# Xhype - What Flavour Profiles are your favourite lately?



## Steven Xhype (21/10/20)

@Steven Xhype - Loving a good milky and cereal Flavour lately , let me know what you guys are enjoying currently ?

Reactions: Like 4


----------



## NecroticAngel (21/10/20)

Floral things. I swear I never thought I'd say it. But done right they are so damn addictive

Reactions: Like 3 | Agree 1 | Informative 3


----------



## DarthBranMuffin (21/10/20)

On DL I love my mixed fruits (no citrus) on Ice! (0-6mg)

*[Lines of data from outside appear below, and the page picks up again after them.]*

//! A file of forms, made into an automaton.
//!
//! The forms of the file go into an automaton as for an image, each with the number of its list of
//! codes, and no bytes are laid out. No entry stands twice in a content, so that a form has as many
//! entries as its list has codes, and nothing is to be counted.

ghost use Rattle.std.specs.Prelude.{◌≡◌, ◌⊎◌, ◌<◌, ◌^◌, IfErr, IfOk, length};
ghost use Rattle.ux_dawg.specs.Automaton.{IsMinimalOf};
ghost use Rattle.ux_dela.specs.Files.{Refuses};
ghost use Rattle.ux_dela.specs.declared.error.DelaError.{DelaError};
ghost use Rattle.ux_dela.specs.declared.error.DelaError.TheVariants.{NoMemory};
ghost use Rattle.ux_dict.specs.Content.{IsDictionary};
ghost use Rattle.ux_dict.specs.FileContent.{IsFileContent};
ghost use Rattle.ux_image_lexicon.specs.Counting.{TellsEach};
ghost use Rattle.ux_image_lexicon.specs.Told.{content_in};

use crate::coded::Coded;
use crate::counts::Counts;
use crate::lexicon::ImageLexicon;
use crate::lists::read_lists;
use indexmap::IndexMap;
use std::alloc::Global;
use ux_base::{Mem, NoMemory as OutOfMemory};
use ux_dawg::{Builder, States};
use ux_dela::DelaError;
use ux_dict::{Stored, content_in as content_of};
use ux_image::{Listing, dictionary_is_content, list_codes};
use ux_image_look_ups::longest;

/// The dictionary of a file of forms as an automaton, or why the file's first bad line is refused.
/// Keeps the file's content until the automaton is built. Takes a step a byte and sorts the entries.
pub fn read_text(alloc: Global, text: &str) -> Result<ImageLexicon, DelaError>
    ensures ok { IfOk result (IsFileContent text.now) }
    ensures refused { IfErr result (λ error. (error ≡ NoMemory) ⊎ Refuses text.now error) }
    ensures exact { IfOk result (λ _. (error : DelaError) → Refuses text.now error → ⊥) }
{
    let content = content_of(alloc, text)?;
    match of_content(alloc, content) {
        Ok(lexicon) => Ok(lexicon),
        Err(OutOfMemory) => Err(DelaError::NoMemory),
    }
}

/// The dictionary of this content, which is given up before its automaton is finished, so that both
/// are not there at once. Where 32 bits don't hold a number, it answers that memory ran out.
fn of_content(alloc: Global, content: Vec<Stored>) -> Mem<ImageLexicon>
    requires { IsDictionary content.items }
    ensures { IfOk result (λ lexicon. lexicon ≡ content.items) }
{
    dictionary_is_content(&content);
    let Listing { builder, lists } = list_codes(alloc, &content)?;
    let total = content.len();
    drop(content);
    let states = states_of(alloc, builder)?;
    let read = read_lists(alloc, &lists)?;
    of_counted(alloc, Coded::new(states, read), total)
}

/// The states of the automaton of the forms. Where 32 bits don't number them, memory ran out.
fn states_of(alloc: Global, builder: Builder) -> Mem<States>
    ensures minimal { IfOk result (IsMinimalOf builder) }
    ensures few { IfOk result (λ states. length states < 2 ^ 32) }
{
    let automaton = builder.finish()?;
    if automaton.len() > u32::MAX as usize {
        return Err(OutOfMemory);
    }
    Ok(automaton.into_states())
}

/// The dictionary of an automaton and its lists, which tell so many entries.
fn of_counted(alloc: Global, coded: Coded, total: usize) -> Mem<ImageLexicon>
    requires { TellsEach coded total }
    ensures { IfOk result (λ lexicon. lexicon ≡ content_in coded) }
{
    let longest = longest(alloc, coded.states())?;
    let counts = Counts {
        total,
        fewer: IndexMap::new(alloc),
    };
    Ok(ImageLexicon {
        coded,
        longest,
        counts,
    })
}
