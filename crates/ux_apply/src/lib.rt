//! Dictionaries applied to a text: which entries apply to its words and to its longer spans.
//!
//! Begin with `applied`, whose `apply` looks up every token and span of a text, and gives what it finds
//! as tables (`LexicalTables` of `ux_lexical_tables`), which need no dictionary any more. Which entries
//! apply to one text, by the priorities of the dictionaries, stands in `specs/Applying.antt`, and which
//! tables they give in `specs/Applied.antt`. Inside, `cursors` goes along all dictionaries with a text,
//! `applying` takes the entries of the text so far, `numbered` asks about each different token once,
//! `starts` how spans may begin with it, and `compounds` goes along the spans of two or more tokens.
//!
//! ```text
//! let dics = [(Priority::of("animals.dic"), lexicon)];
//! let tables = apply(rt.alloc(), &text, &alphabet, &dics)?;
//! tables.simple(0)      // the entries of the first token, if it is a word
//! ```
#![tactic(auto)]

pub mod applied;
mod applying;
mod compounds;
mod cursors;
mod numbered;
pub mod priority;
mod starts;
mod tagged;
mod unknown;

pub use applied::apply;
pub use priority::Priority;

MTL its tobacco/banana/custard for the win! (3-9mg, not a fan of high nic)

Reactions: Like 6 | Can relate 1


----------



## Dela Rey Steyn (21/10/20)

DarthBranMuffin said:


> On DL I love my mixed fruits (no citrus) on Ice! (0-6mg)
> 
> MTL its tobacco/banana/custard for the win! (3-9mg, not a fan of high nic)



get some 18mg freebase and grow those chest hairs!

Reactions: Funny 7


----------



## DarthBranMuffin (21/10/20)

Dela Rey Steyn said:


> get some 18mg freebase and grow those chest hairs!


The Mrs vapes 18mg, 0.5Ω at 30w.... every time i rewick her tanks and have to test it i grow them like crazy.... i pitty the poor soul that grabs her device one day thinking its DL low nic.... they will die!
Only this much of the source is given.